Summary: machine learning is promising but still theoretical
If machine learning is the single most important component to real-time health, its development is also the most challenging. There are non-technical reasons for this. Access to enough representative data is one, and as we learned pursuing interoperability, the keepers of the data may not want to share. Additionally, there is no data science competency model upon which to base ML decision making. Or rather, there are too many: one for every decision a healthcare employee makes. Which is the right one to enshrine in the code?
For these reasons alone, it’s necessary to keep the focus narrow. Nurse call’s purpose is to get medical help. It’s not decision support or population health (although our data may feed those systems), nor any of the other areas commonly cited as ripe for ML application. Machine learning in nurse call is an ambitious goal to be sure, but definitely one worth pursuing.
Conclusion
A longterm strategy for nurse call cannot simply be more advanced ways of raising an alarm. We’ll instead need to consider a broader application of our core purpose when evaluating opportunities.

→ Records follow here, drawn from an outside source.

//! What lies under the lock.

ghost use Rattle.std.specs.Prelude.{◌≡◌, ◌+◌, ◌-◌, ◌^◌, [], ◌∷◌, true, count_by, length, Err, IfErr, MatchResult};
ghost use Rattle.jm_client.specs.Locked.{publication};
ghost use Rattle.jm_client.specs.Told as spec;
ghost use Rattle.jm_client.specs.Told.{Asks, IsOverview, IsRefusedIn, IsToldIn, Told, is_receipt, message_answer};
ghost use Rattle.jm_plans.specs.Kept.{IsNumberOfMessages};
ghost use Rattle.jm_plans.specs.Provider.{state_of};
ghost use Rattle.jm_error.specs.Refused.{without_cause};
ghost use Rattle.jm_header.specs.declared.content.Content.{Content};
ghost use Rattle.jm_kept.specs.Kept.{KeptFits};
ghost use Rattle.jm_machine.specs.Isolation.{Reached};
ghost use Rattle.jm_stations.specs.Backlogs as backlogs;
ghost use Rattle.jm_why.specs.Why.{why};

use crate::backend::Backend;
use crate::overview::Overview;
use jm_base::Refusal;
use jm_core::{Answer, Call, Core, Delivery, Request, Step, Who, law_core_reached};
use jm_dest::{ConnectionId, ConsumerId, Moment, Number, SessionId};
use jm_error::Error;
use jm_explain::send_why;
use jm_header::{Message, Sender};
use jm_machine::Consumer;
use jm_why::law_explained;
use std::alloc::Global;
use std::marker::Model;

/// What lies under the lock: a backend, and the numbers that were given last. Contracts see all of them, and the backend's core,
/// whose state is one that the provider reaches.
#[derive(Drop)]
pub struct Shared<B: Backend> {
    alloc: Global,
    backend: B,
    connections: u32,
    sessions: u32,
    consumers: u32,
}

impl<B: Backend> Model for Shared<B> {
    ghost use Rattle.jm_client.specs.Locked.{Locked};

    ghost Value = { Locked B };

    ghost view = { λ s. record {
      core = B.core_of s.backend;
      backend = s.backend;
      connections = s.connections;
      sessions = s.sessions;
      consumers = s.consumers;
    } };
}

/// The number after the one that was given last. `Exhausted` exactly where that is 4,294,967,295.
fn next_number(last: u32) -> Result<u32, Refusal>
    ensures { MatchResult result (λ n. n ≡ last + 1) (λ refusal. (refusal ≡ Refusal.Exhausted) × (last ≡ 2 ^ 32 - 1)) }
{
    match last.checked_add(1) {
        Some(number) => Ok(number),
        None => Err(Refusal::Exhausted),
    }
}

/// The greatest number of a connection, or 0 where there is none.
fn last_connection(core: &Core) -> u32 {
    let mut last = 0;
    for connection in core.connections() {
        last = connection.id.get().max(last);
    }
    last
}

/// How many of the consumers are active.
fn active(consumers: &[Consumer]) -> usize
    ensures { result ≡ count_by (λ x. x.is_active) consumers.now }
{
    let mut number: usize = 0;
    for consumer in consumers {
        if consumer.is_active {
            number += 1;
        }
    }
    number
}

/// Whether a cause stands behind the refusal.
fn has_cause(refusal: &Refusal) -> bool
    ensures { result ≡ spec.has_cause refusal.now }
{
    matches!(refusal, Refusal::IllegalState | Refusal::SubscriptionInUse)
}

/// The error of a step that was refused so by the core, which stands as it met it: with the cause of it, or without one where
/// memory was wanted to find it.
fn error_of(alloc: Global, core: &Core, step: &Step, refusal: Refusal) -> Error
    requires { IsRefusedIn (state_of core.now) step.now.who step.now.call refusal }
    ensures same { result.refusal ≡ refusal }
    ensures told { IsToldIn (state_of core.now) step.now.who step.now.call (Err result) }
{
    law_explained();
    if !has_cause(&refusal) {
        return Error::new(refusal, None);
    }
    match jm_explain::why(alloc, core, step) {
        Ok(cause) => Error::new(refusal, cause),
        Err(_) => Error::new(refusal, None),
    }
}

/// The reply to a step, where it is refused with its cause. Then the core stands as the step met it.
fn with_cause(
    alloc: Global,
    core: &Core,
    step: &Step,
    reply: Result<Answer, Refusal>,
) -> Result<Answer, Error>
    requires { IfErr reply (λ r. IsRefusedIn (state_of core.now) step.now.who step.now.call r) }
    ensures same { without_cause result ≡ reply }
    ensures told { IfErr result (λ r. IsToldIn (state_of core.now) step.now.who step.now.call (Err r)) }
{
    match reply {
        Ok(answer) => Ok(answer),
        Err(refusal) => Err(error_of(alloc, core, step, refusal)),
    }
}

/// One step of the backend, which is told with its cause where it is refused.
fn applied<B: Backend>(alloc: Global, backend: &mut B, step: &Step) -> Result<Answer, Error>
    ensures fits { KeptFits (state_of (B.core_of backend.old)) step.now.who step.now.call (without_cause result) (state_of (B.core_of backend.new)) }
    ensures told { IsToldIn (state_of (B.core_of backend.old)) step.now.who step.now.call result }
    ensures backend { B.IsStep backend.old step.now (without_cause result) backend.new }
{
    let reply = backend.apply(step);
    with_cause(alloc, backend.core(), step, reply)
}

/// The error of a publication of the session that was refused so by the core, which stands as it met it: with the cause of it.
/// Of the message, which was published alone, it needs the sender.
fn publication_error_of(
    core: &Core,
    session: &SessionId,
    sender: &Sender,
    refusal: Refusal,
) -> Error
    ensures same { result.refusal ≡ refusal }
    ensures told { (message : Content) → message.sender ≡ sender.now →
        IsRefusedIn (state_of core.now) (Who.Session session.now) (Call.Publish (message ∷ [])) refusal →
        IsToldIn (state_of core.now) (Who.Session session.now) (Call.Publish (message ∷ [])) (Err result) }
{
    law_explained();
    if !has_cause(&refusal) {
        return Error::new(refusal, None);
    }
    let cause = send_why(core, session, sender);
    Error::new(refusal, cause)
}

/// The reply to a publication of the session, where it is refused with its cause. Then the core stands as the publication met
/// it.
fn publication_with_cause(
    core: &Core,
    session: &SessionId,
    sender: &Sender,
    reply: Result<Answer, Refusal>,
) -> Result<Answer, Error>
    ensures same { without_cause result ≡ reply }
    ensures told { (message : Content) → message.sender ≡ sender.now →
        IfErr reply (λ r. IsRefusedIn (state_of core.now) (Who.Session session.now) (Call.Publish (message ∷ [])) r) →
        IfErr result (λ r. IsToldIn (state_of core.now) (Who.Session session.now) (Call.Publish (message ∷ [])) (Err r)) }
{
    match reply {
        Ok(answer) => Ok(answer),
        Err(refusal) => Err(publication_error_of(core, session, sender, refusal)),
    }
}

/// One publication by the backend, which is told with its cause where it is refused.
fn published<B: Backend>(
    backend: &mut B,
    session: &SessionId,
    message: Message,
) -> Result<Answer, Error>
    ensures fits { KeptFits (state_of (B.core_of backend.old)) (Who.Session session.now) (Call.Publish (message ∷ []))
        (without_cause result) (state_of (B.core_of backend.new)) }
    ensures told { IsToldIn (state_of (B.core_of backend.old)) (Who.Session session.now) (Call.Publish (message ∷ [])) result }
    ensures backend { B.IsStep backend.old (publication session.now message) (without_cause result) backend.new }
{
    let sender = message.sender();
    let reply = backend.publish(*session, message);
    publication_with_cause(backend.core(), session, &sender, reply)
}

/// In which way a consumer's next message is asked for.
#[derive(Clone, Copy)]
pub(crate) enum Way {
    /// By a receive.
    Receive,
    /// By a take, for its listener.
    Take,
}

/// The request for the consumer's next message at that moment.
fn request_of(way: Way, consumer: ConsumerId, now: Moment) -> Request
    ensures { result ≡ spec.asked way consumer now }
{
    match way {
        Way::Receive => Request::Receive { consumer, now },
        Way::Take => Request::Take { consumer, now },
    }
}

/// What is handed out to a request for a message that was answered so.
fn handed_out(answer: Answer) -> Option<Delivery>
    requires { is_receipt answer ≡ true }
    ensures { message_answer result ≡ answer }
{
    match answer {
        Answer::Delivered(delivery) => Some(delivery),
        Answer::Nothing => None,
        Answer::Done | Answer::Sent(_) | Answer::Missed(_) => unreachable!(),
    }
}

impl<B: Backend> Shared<B> {
    /// The backend, with numbers of connections that go on above the greatest that its core knows.
    pub(crate) fn new(alloc: Global, backend: B) -> Shared<B>
        ensures core { result.core ≡ B.core_of backend }
        ensures backend { result.backend ≡ backend }
    {
        let connections = last_connection(backend.core());
        Shared {
            alloc,
            backend,
            connections,
            sessions: 0,
            consumers: 0,
        }
    }

    /// The backend.
    pub(crate) fn into_backend(self) -> B
        ensures { result ≡ self.backend }
    {
        let Shared {
            alloc: _,
            backend,
            connections: _,
            sessions: _,
            consumers: _,
        } = self;
        backend
    }

    /// The law of the core's state, proved; the function itself does nothing.
    pub(crate) fn law_reached(&self)
        ensures { Reached (state_of self.now.core) }
    {
        law_core_reached(self.backend.core());
    }

    /// One step, as the backend makes it, with its refusals, each told with its cause in the state that the step met. Over a
    /// plain backend it has the clauses of `jm_kept::step`. The numbers stay.
    pub(crate) fn apply(&mut self, step: &Step) -> Result<Answer, Error>
        ensures fits { KeptFits (state_of self.old.core) step.now.who step.now.call (without_cause result) (state_of self.new.core) }
        ensures told { IsToldIn (state_of self.old.core) step.now.who step.now.call result }
        ensures backend { B.IsStep self.old.backend step.now (without_cause result) self.new.backend }
        ensures numbers { self.new ≡ record self.old { core = self.new.core; backend = self.new.backend } }
    {
        let Shared {
            alloc,
            backend,
            connections: _,
            sessions: _,
            consumers: _,
        } = self;
        applied(*alloc, backend, step)
    }

    /// One publication of a message that the session stamped, as `apply` makes the step of it.
    pub(crate) fn publish(&mut self, session: &SessionId, message: Message) -> Result<Answer, Error>
        ensures fits { KeptFits (state_of self.old.core) (Who.Session session.now) (Call.Publish (message ∷ []))
            (without_cause result) (state_of self.new.core) }
        ensures told { IsToldIn (state_of self.old.core) (Who.Session session.now) (Call.Publish (message ∷ [])) result }
        ensures backend { B.IsStep self.old.backend (publication session.now message) (without_cause result) self.new.backend }
        ensures numbers { self.new ≡ record self.old { core = self.new.core; backend = self.new.backend } }
    {
        let Shared {
            alloc: _,
            backend,
            connections: _,
            sessions: _,
            consumers: _,
        } = self;
        published(backend, session, message)
    }

    /// A step, and what a client may know of it.
    pub(crate) fn tell(&mut self, step: &Step) -> Result<Answer, Error>
        ensures { Told step.now.who step.now.call result }
    {
        self.law_reached();
        self.apply(step)
    }

    /// A publication, and what a client may know of it.
    pub(crate) fn tell_publication(
        &mut self,
        session: &SessionId,
        message: Message,
    ) -> Result<Answer, Error>
        ensures { Told (Who.Session session.now) (Call.Publish (message ∷ [])) result }
    {
        self.law_reached();
        self.publish(session, message)
    }

    /// The next message of the session's consumer at that moment, or none, with the refusals of `apply`.
    pub(crate) fn ask_message(
        &mut self,
        way: Way,
        session: SessionId,
        consumer: ConsumerId,
        now: Moment,
    ) -> Result<Option<Delivery>, Error>
        ensures { Asks way session consumer result }
    {
        let step = Step {
            who: Who::Session(session),
            call: Call::Ask(request_of(way, consumer, now)),
        };
        let answer = self.tell(&step)?;
        Ok(handed_out(answer))
    }

    /// Gives a connection its number, which was not given before. `Exhausted` exactly where the last one is given; then all
    /// is as before.
    pub(crate) fn give_connection(&mut self) -> Result<ConnectionId, Refusal>
        ensures { MatchResult result
            (λ id. (id ≡ self.old.connections + 1) × (self.new ≡ record self.old { connections = id }))
            (λ refusal. (refusal ≡ Refusal.Exhausted) × (self.old.connections ≡ 2 ^ 32 - 1) × (self.new ≡ self.old)) }
    {
        let number = next_number(self.connections)?;
        let id = ConnectionId::new(number)?;
        self.connections = number;
        Ok(id)
    }

    /// Gives a session its number, which was not given before. `Exhausted` exactly where the last one is given; then all is
    /// as before.
    pub(crate) fn give_session(&mut self) -> Result<Number, Refusal>
        ensures { MatchResult result
            (λ number. (number ≡ self.old.sessions + 1) × (self.new ≡ record self.old { sessions = number }))
            (λ refusal. (refusal ≡ Refusal.Exhausted) × (self.old.sessions ≡ 2 ^ 32 - 1) × (self.new ≡ self.old)) }
    {
        let next = next_number(self.sessions)?;
        let number = Number::new(next)?;
        self.sessions = next;
        Ok(number)
    }

    /// Gives a consumer its number, which was not given before. `Exhausted` exactly where the last one is given; then all is
    /// as before.
    pub(crate) fn give_consumer(&mut self) -> Result<ConsumerId, Refusal>
        ensures { MatchResult result
            (λ id. (id ≡ self.old.consumers + 1) × (self.new ≡ record self.old { consumers = id }))
            (λ refusal. (refusal ≡ Refusal.Exhausted) × (self.old.consumers ≡ 2 ^ 32 - 1) × (self.new ≡ self.old)) }
    {
        let number = next_number(self.consumers)?;
        let id = ConsumerId::new(number)?;
        self.consumers = number;
        Ok(id)
    }

    /// What is open, and what is held. Takes no memory.
    pub(crate) fn overview(&self) -> Overview
        ensures connections { result.connections ≡ count_by (λ x. x.is_open) (state_of self.now.core).life.connections }
        ensures sessions { result.sessions ≡ count_by (λ x. x.is_open) (state_of self.now.core).life.sessions }
        ensures consumers { result.consumers ≡ count_by (λ x. x.is_active) (state_of self.now.core).consumers }
        ensures subscriptions { result.subscriptions ≡ length (state_of self.now.core).stations }
        ensures held { IsNumberOfMessages result.held (state_of self.now.core).stations }
        ensures queued { backlogs.IsNumberOfMessages result.queued self.now.core.queues.list }
    {
        let core = self.backend.core();
        Overview {
            connections: core.connections().iter().filter(|x| x.is_open).count(),
            sessions: core.sessions().iter().filter(|x| x.is_open).count(),
            consumers: active(core.consumers()),
            subscriptions: core.stations_len(),
            held: core.kept(),
            queued: core.kept_by_queues(),
        }
    }

    /// The same, and what a client may know of it.
    pub(crate) fn tell_overview(&self) -> Overview
        ensures { IsOverview result }
    {
        self.law_reached();
        self.overview()
    }
}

In the book Built to Last, Jim Collins made the point that a company’s mission, clearly stated and internalised by employees, may necessarily pull that company into unexpected markets. If a nurse call vendor’s mission is “to make the best nurse call system”, there is no room for growth. If, however, the core philosophy is closer to “get medical help, when and where you need it”, that company enjoys many more opportunities.
Technology should’t be a barrier between patients and their caregivers. Automating as much functionality as possible frees caregivers from the non-productive tasks imposed by modern healthcare: charting, data collection, remembering to push certain buttons on the way into or out of rooms, tracking down the correct person. Think of intelligent nurse call as a sentinel, ready to intervene if necessary, but receding to the background when not needed.
As stated, traditional nurse call won’t evaporate overnight, but hardware-based alerting within a siloed system will become less relevant to a modern care environment. The future is software, the future is mobile, the future is adaptive. The future is intelligent.